Chiggers, for example, don’t even live on the beach; they just get confused with a sand flea species nicknamed “jiggers.”
Here are 8 key differences between chiggers vs jiggers.
Meanwhile, sand crabs and sand hoppers don’t bite humans, so they’re harmless. Here’s the breakdown of actual sand fleas.
There are only two sand flea species that you need to be concerned about: true sand fleas and sand flies.
Sand Flea Bites
True sand fleas are found on the beaches of Central and South America. They look a bit like ticks with round, engorged bellies, and they feed on blood as well.
Female sand fleas are the most dangerous since they burrow in the feet of human hosts to help them lay eggs. Wounds typically start with small, whitish bites that worsen and blacken over time.
If the wounds become infected, they can cause everything from pain and inflammation to debilitating and even life-threatening conditions like gangrene.
If you think that you’ve been bitten by a sand flea, you’ll want to go to the doctor. There’s no way to treat it on your own, and waiting might just make it worse.
Sand Fly Bites
- Sand flies are much less dangerous than sand fleas, but they’re also much more common. They can be found worldwide, and they congregate in warm, humid environments like beaches and botanical gardens. They look like mosquitos.
- Sand fly bites are usually mild. The wounds are small red bumps that can form welts or rashes if aggravated by scratching, and while they can be a real nuisance to your beach day, they don’t usually require medical intervention.
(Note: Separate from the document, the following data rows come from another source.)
ghost use Rattle.std.specs.Prelude.{◌≡◌, [], ◌∷◌, IsTrue, if◌then◌else◌};
ghost use Rattle.gx_check.specs.Verdicts.{chosen};

use crate::Verdict;

/// Which verdicts are given.
#[derive(Clone, Copy, Debug, PartialEq, Eq)]
pub enum Selection {
    All,
    /// `Outer` and `Overlap`.
    Refuting,
}

impl Selection {
    // The verdict is given.
    pub(crate) fn has(self, verdict: &Verdict) -> bool
        ensures { chosen self (verdict.now ∷ []) ≡ (if result then verdict.now ∷ [] else []) }
    {
        match self {
            Selection::All => true,
            Selection::Refuting => verdict.refutes(),
        }
    }

    // Only verdicts that refute are given.
    pub(crate) fn is_refuting(self) -> bool
        ensures { IsTrue result → self ≡ Selection.Refuting }
    {
        match self {
            Selection::All => false,
            Selection::Refuting => true,
        }
    }
}
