ghost use Rattle.std.specs.Prelude.{◌≡◌, ℕ, Bool, IsTrue, List, Option};
ghost use Rattle.gx_io.specs.Bytes.{HasCause, Writes};
ghost use Rattle.gx_check.specs.declared.verdict.Verdict.{Verdict as Given};

use crate::Verdict;
use gx_io::Failed;

/// What takes verdicts, one after another.
pub trait Verdicts {
    /// What it holds is a list of these; used in contracts alone.
    type Item;

    /// What it holds, where it is told.
    ghost held: { Self → Option (List Self.Item) };

    /// What stands for a verdict in it.
    ghost items: { Self → Given → List Self.Item };

    /// The verdicts that it may be given.
    ghost takes: { Self → Given → Bool };

    /// How often it has failed. It stays at the end of its type.
    ghost faults: { Self → ℕ };

    /// Takes a verdict. Where it fails, it may hold a front of what stands for it.
    fn verdict(&mut self, verdict: &Verdict) -> Result<(), Failed>
        requires { IsTrue (takes self.old verdict.now) }
        ensures given { Writes (held self.old) (held self.new) (items self.old verdict.now) result }
        ensures same_items { items self.new ≡ items self.old }
        ensures same_takes { takes self.new ≡ takes self.old }
        ensures cause { HasCause (faults self.old) (faults self.new) result };
}
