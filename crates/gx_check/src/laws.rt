//! A law of the definitions, as the contract of a function that does nothing.

ghost use Rattle.gx_check.specs.Laws.{CleanWhereUnrefuted};

/// A hierarchy is clean exactly where no verdict refutes it.
pub fn clean_where_unrefuted()
    ensures { CleanWhereUnrefuted }
{}
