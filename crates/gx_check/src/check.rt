ghost use Rattle.std.specs.Prelude.{◌≡◌, ◌<◌, [], ◌∷◌, length, All, IsTrue, IfOk};
ghost use Rattle.gx_check.specs.Gives.{Gives};
ghost use Rattle.gx_check.specs.Verdicts.{verdicts, verdicts_in, daughter_verdict as daughter_verdict_of, pair_verdict, daughter_verdicts, verdicts_with, pair_verdicts, chosen, counts_of};

use crate::daughters::Daughters;
use crate::{CheckError, Counts, Selection, Verdict, Verdicts};
use gx_common::common_points;
use gx_contain::first_outside;
use gx_hull::Hull;
use gx_separate::plane_between;
use gx_tree::Hierarchy;
use std::alloc::Global;

/// Judges each daughter and then each pair of daughters, volume by volume, and gives the selected verdicts in this order. The
/// counts are of all verdicts. Where only those that refute are given, no plane is looked for. Memory is taken for one mother
/// after another.
pub fn check_tree<V: Verdicts>(
    alloc: Global,
    tree: &Hierarchy,
    selection: Selection,
    out: &mut V,
) -> Result<Counts, CheckError>
    requires { All (λ verdict. IsTrue (V.takes out.old verdict)) (verdicts tree.now) }
    ensures gives { Gives V.held V.items V.takes V.faults out.old out.new (chosen selection (verdicts tree.now)) result }
    ensures counts { IfOk result (λ counts. counts ≡ counts_of (verdicts tree.now)) }
{
    let mut counts = Counts::none();
    for mother in 0..tree.count() {
        counts = counts.plus(check_mother(alloc, tree, mother, selection, out)?);
    }
    Ok(counts)
}

// The same for one mother.
fn check_mother<V: Verdicts>(
    alloc: Global,
    tree: &Hierarchy,
    mother: u32,
    selection: Selection,
    out: &mut V,
) -> Result<Counts, CheckError>
    requires mother { mother < length tree.now.volumes }
    requires takes { All (λ verdict. IsTrue (V.takes out.old verdict)) (verdicts_in tree.now mother) }
    ensures gives { Gives V.held V.items V.takes V.faults out.old out.new (chosen selection (verdicts_in tree.now mother)) result }
    ensures counts { IfOk result (λ counts. counts ≡ counts_of (verdicts_in tree.now mother)) }
{
    let daughters = Daughters::placed(alloc, tree, mother)?;
    let outer = tree.solid(mother).hull();
    let judged = check_daughters(mother, outer, &daughters, selection, out)?;
    let paired = check_pairs(alloc, mother, &daughters, selection, out)?;
    Ok(judged.plus(paired))
}

fn check_daughters<V: Verdicts>(
    mother: u32,
    outer: &Hull,
    daughters: &Daughters,
    selection: Selection,
    out: &mut V,
) -> Result<Counts, CheckError>
    requires { All (λ verdict. IsTrue (V.takes out.old verdict)) (daughter_verdicts mother outer.now daughters.now) }
    ensures gives { Gives V.held V.items V.takes V.faults out.old out.new (chosen selection (daughter_verdicts mother outer.now daughters.now)) result }
    ensures counts { IfOk result (λ counts. counts ≡ counts_of (daughter_verdicts mother outer.now daughters.now)) }
{
    let mut counts = Counts::none();
    for ordinal in 0..daughters.count() {
        let verdict = daughter_verdict(mother, outer, daughters, ordinal);
        counts = counts.plus(give(&verdict, selection, out)?);
    }
    Ok(counts)
}

fn daughter_verdict(mother: u32, outer: &Hull, daughters: &Daughters, ordinal: u32) -> Verdict
    requires { ordinal < length daughters.now }
    ensures { result ≡ daughter_verdict_of mother outer.now daughters.now ordinal }
{
    match first_outside(outer, daughters.hull(ordinal)) {
        Some(point) => Verdict::Outer {
            mother,
            ordinal,
            point,
        },
        None => Verdict::Inner { mother, ordinal },
    }
}

fn check_pairs<V: Verdicts>(
    alloc: Global,
    mother: u32,
    daughters: &Daughters,
    selection: Selection,
    out: &mut V,
) -> Result<Counts, CheckError>
    requires { All (λ verdict. IsTrue (V.takes out.old verdict)) (pair_verdicts mother daughters.now) }
    ensures gives { Gives V.held V.items V.takes V.faults out.old out.new (chosen selection (pair_verdicts mother daughters.now)) result }
    ensures counts { IfOk result (λ counts. counts ≡ counts_of (pair_verdicts mother daughters.now)) }
{
    let mut counts = Counts::none();
    for first in 0..daughters.count() {
        counts = counts.plus(check_with(alloc, mother, daughters, first, selection, out)?);
    }
    Ok(counts)
}

// A daughter with each later one.
fn check_with<V: Verdicts>(
    alloc: Global,
    mother: u32,
    daughters: &Daughters,
    first: u32,
    selection: Selection,
    out: &mut V,
) -> Result<Counts, CheckError>
    requires first { first < length daughters.now }
    requires takes { All (λ verdict. IsTrue (V.takes out.old verdict)) (verdicts_with mother daughters.now first) }
    ensures gives { Gives V.held V.items V.takes V.faults out.old out.new (chosen selection (verdicts_with mother daughters.now first)) result }
    ensures counts { IfOk result (λ counts. counts ≡ counts_of (verdicts_with mother daughters.now first)) }
{
    let count = daughters.count();
    let mut counts = Counts::none();
    for second in first + 1..count {
        if selection.is_refuting() {
            if daughters.are_apart(first, second) {
                counts = counts.plus(Counts::pair());
                continue;
            }
        }
        counts = counts.plus(check_pair(alloc, mother, daughters, first, second, selection, out)?);
    }
    Ok(counts)
}

// A plane is looked for only where it is given.
fn check_pair<V: Verdicts>(
    alloc: Global,
    mother: u32,
    daughters: &Daughters,
    first: u32,
    second: u32,
    selection: Selection,
    out: &mut V,
) -> Result<Counts, CheckError>
    requires first { first < length daughters.now }
    requires second { second < length daughters.now }
    requires takes { IsTrue (V.takes out.old (pair_verdict mother daughters.now first second)) }
    ensures gives { Gives V.held V.items V.takes V.faults out.old out.new (chosen selection (pair_verdict mother daughters.now first second ∷ [])) result }
    ensures counts { IfOk result (λ counts. counts ≡ counts_of (pair_verdict mother daughters.now first second ∷ [])) }
{
    let (a, b) = (daughters.hull(first), daughters.hull(second));
    if let Some(points) = common_points(alloc, a, b)? {
        let overlap = Verdict::Overlap {
            mother,
            first,
            second,
            points,
        };
        return give(&overlap, selection, out);
    }
    if selection.is_refuting() {
        return Ok(Counts::pair());
    }
    let apart = Verdict::Apart {
        mother,
        first,
        second,
        plane: plane_between(a, b).unwrap(),
    };
    give(&apart, selection, out)
}

// Gives a verdict where it is selected, and counts it.
fn give<V: Verdicts>(
    verdict: &Verdict,
    selection: Selection,
    out: &mut V,
) -> Result<Counts, CheckError>
    requires { IsTrue (V.takes out.old verdict.now) }
    ensures gives { Gives V.held V.items V.takes V.faults out.old out.new (chosen selection (verdict.now ∷ [])) result }
    ensures counts { IfOk result (λ counts. counts ≡ counts_of (verdict.now ∷ [])) }
{
    if selection.has(verdict) {
        out.verdict(verdict)?;
    }
    Ok(Counts::of(verdict))
}
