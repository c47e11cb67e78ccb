ghost use Rattle.std.specs.Prelude.{◌≡◌, ◌<◌, ◌≤◌, [], length, slice_index_or, IsTrue, IfOk};
ghost use Rattle.gx_convex.specs.Extent.{extent_of};
ghost use Rattle.gx_hull.specs.Hull.{IsVertices};
ghost use Rattle.gx_common.specs.Reached.{are_extents_apart};
ghost use Rattle.gx_tree.specs.Hierarchy.{instances};
ghost use Rattle.gx_check.specs.Kept.{AreParted};
ghost use Rattle.gx_check.specs.Verdicts.{placed_daughters};

use gx_common::are_apart;
use gx_hull::Hull;
use gx_num::{Extent, NoMemory};
use gx_tree::Hierarchy;
use std::alloc::Global;
use std::marker::Model;

/// The daughters of one mother in her frame, by their ordinals. Contracts see the vertices of each.
#[derive(Drop)]
pub struct Daughters {
    hulls: Vec<Hull>,
    // Beside the hulls, so that pairs are told apart in one pass over flat memory.
    extents: Vec<Extent>,
}

impl Model for Daughters {
    ghost use Rattle.std.specs.Prelude.{List};
    ghost use Rattle.gx_num.specs.declared.vector.V3.{V3 as Point};
    ghost use Rattle.gx_check.specs.Kept.{AreKept};

    ghost Value = { List (List Point) };

    ghost view = { λ d. d.hulls.items };

    ghost invariant = { λ d. AreKept d.hulls.items d.extents.items };
}

impl Daughters {
    /// Those of a volume, each placed once.
    pub fn placed(alloc: Global, tree: &Hierarchy, mother: u32) -> Result<Daughters, NoMemory>
        requires { mother < length tree.now.volumes }
        ensures value { IfOk result (λ daughters. daughters ≡ placed_daughters tree.now mother) }
        ensures few { IfOk result (λ daughters. length daughters ≤ 4096) }
    {
        let count = tree.instances(mother) as usize;
        let mut hulls = Vec::with_capacity(alloc, count)?;
        let mut extents = Vec::with_capacity(alloc, count)?;
        for ordinal in 0..tree.instances(mother) {
            let hull = placed(alloc, tree, mother, ordinal)?;
            extents.push(hull.extent())?;
            hulls.push(hull)?;
        }
        Ok(Daughters { hulls, extents })
    }

    pub fn count(&self) -> u32
        ensures value { result ≡ length self.now }
        ensures few { result ≤ 4096 }
    {
        self.hulls.len() as u32
    }

    /// The daughter with this ordinal.
    pub fn hull(&self, ordinal: u32) -> &Hull
        requires { ordinal < length self.now }
        ensures { result.now ≡ slice_index_or self.now ordinal [] }
    {
        &self.hulls[ordinal as usize]
    }

    /// The extents of the two are apart or touch, so a plane is between them.
    pub fn are_apart(&self, first: u32, second: u32) -> bool
        requires first { first < length self.now }
        requires second { second < length self.now }
        ensures value { result ≡ are_extents_apart (extent_of (slice_index_or self.now first [])) (extent_of (slice_index_or self.now second [])) }
        ensures parted { IsTrue result → AreParted self.now first second }
    {
        are_apart(self.extents[first as usize], self.extents[second as usize])
    }
}

// The daughter's hull in her mother's frame.
fn placed(alloc: Global, tree: &Hierarchy, mother: u32, ordinal: u32) -> Result<Hull, NoMemory>
    requires mother { mother < length tree.now.volumes }
    requires ordinal { ordinal < length (instances tree.now mother) }
    ensures value { IfOk result (λ hull. hull ≡ slice_index_or (placed_daughters tree.now mother) ordinal []) }
    ensures kept { IfOk result IsVertices }
{
    let instance = tree.instance(mother, ordinal);
    let hull = tree
        .solid(instance.volume)
        .hull()
        .placed(alloc, instance.rotation, instance.offset)?;
    // What each hull keeps is known from here on.
    let _ = hull.vertices();
    Ok(hull)
}
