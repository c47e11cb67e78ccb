ghost use Rattle.std.specs.Prelude.{◌≡◌, ◌<◌, ◌≤◌, ◌^◌, ◌<ℤ◌, ◌+ℤ◌, ◌*ℤ◌, pos, unsigned_abs};
ghost use Rattle.gx_num.specs.Vector.{IsWithin};
ghost use Rattle.gx_voxel.specs.Cut.{coordinate};
ghost use Rattle.gx_boxes.specs.Boxes.{reach};
ghost use Rattle.gx_along.specs.Line.{IsStretch};
ghost use Rattle.gx_slabs.specs.Row.{IsRow, AreOfferedAlong};
ghost use Rattle.gx_slabs.specs.Slabs.{AreCopiesOffered};

use crate::row::Row;
use gx_along::{Line, Stretch};
use gx_num::{Ray, V3};
use gx_offers::Offers;

/// The copies, side by side on an axis from the coordinate `low` on, in whose slab the ray has a point of the stretch; by halving
/// to the first of them, and on along the ray.
pub fn offer_copies(
    axis: u8,
    low: i64,
    width: i64,
    count: u32,
    ray: &Ray,
    stretch: Stretch,
    offers: &mut Offers,
)
    requires axis { axis < 3 }
    requires wide { pos 0 <ℤ width }
    requires few { count ≤ 4096 }
    requires from { unsigned_abs low ≤ reach }
    requires to { unsigned_abs (low +ℤ pos count *ℤ width) ≤ reach }
    requires origin { IsWithin (2 ^ 31) ray.now.o }
    requires stretch { IsStretch stretch }
    requires room { count ≤ offers.old.room }
    ensures { AreCopiesOffered axis low width count ray.now stretch offers.old offers.new }
{
    let line = Line {
        o: on_axis(axis, ray.o),
        d: on_axis(axis, ray.d),
    };
    offer_along(
        Row {
            line,
            low,
            width,
            count,
        },
        stretch,
        offers,
    )
}

// From the first copy that isn't left when the stretch begins, on to the last that is entered before it ends.
fn offer_along(row: Row, stretch: Stretch, offers: &mut Offers)
    requires row { IsRow row }
    requires stretch { IsStretch stretch }
    requires room { row.count ≤ offers.old.room }
    ensures { AreOfferedAlong row stretch offers.old offers.new }
{
    let start = row.first_left(stretch.from);
    for j in start..row.count {
        if !row.is_entered(stretch.to, j) {
            return;
        }
        offers.offer(row.copy(j));
    }
}

fn on_axis(axis: u8, v: V3) -> i64
    ensures { result ≡ coordinate axis v }
{
    match axis {
        0 => v.x,
        1 => v.y,
        _ => v.z,
    }
}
You can treat them with a variety of over-the-counter products and home remedies.
2. Prevent Bites (4 Ways)
As they say in the medical biz, the easiest treatment is prevention.
Here are a few ways to avoid getting bitten by sand fleas and sand flies.
Create a Barrier
Bring towels and tents to the beach rather than laying directly on the sand. It’s also a good idea to invest in flip-flops or water shoes.
Any kind of barrier between your feet and the sand will help to prevent opportunistic sand fleas from taking a bite.
Get Off the Ground
Chairs, hammocks, and other kinds of raised platforms can put some much-needed distance between you and the creepy crawlies below.
Just make sure that you’re at least 10 to 15 inches from the ground. Sand fleas can’t jump, but sand flies can.
Skip the Bug Spray
Most commercial insect repellent isn’t really effective against sand fleas. Instead, opt for oils or oil-based products that will create a layer of protection against your skin while also emitting scents that sand fleas don’t like.
Popular bug deterrents include citronella, lemongrass, lavender, and coconut.
You might also consider Deet and marmite as a possible repellent.
Visit the Beach During the Day
Sand flies are most active at dawn and dusk, so if you can, schedule your beach trip for the middle of the day. You’ll be much less likely to encounter them.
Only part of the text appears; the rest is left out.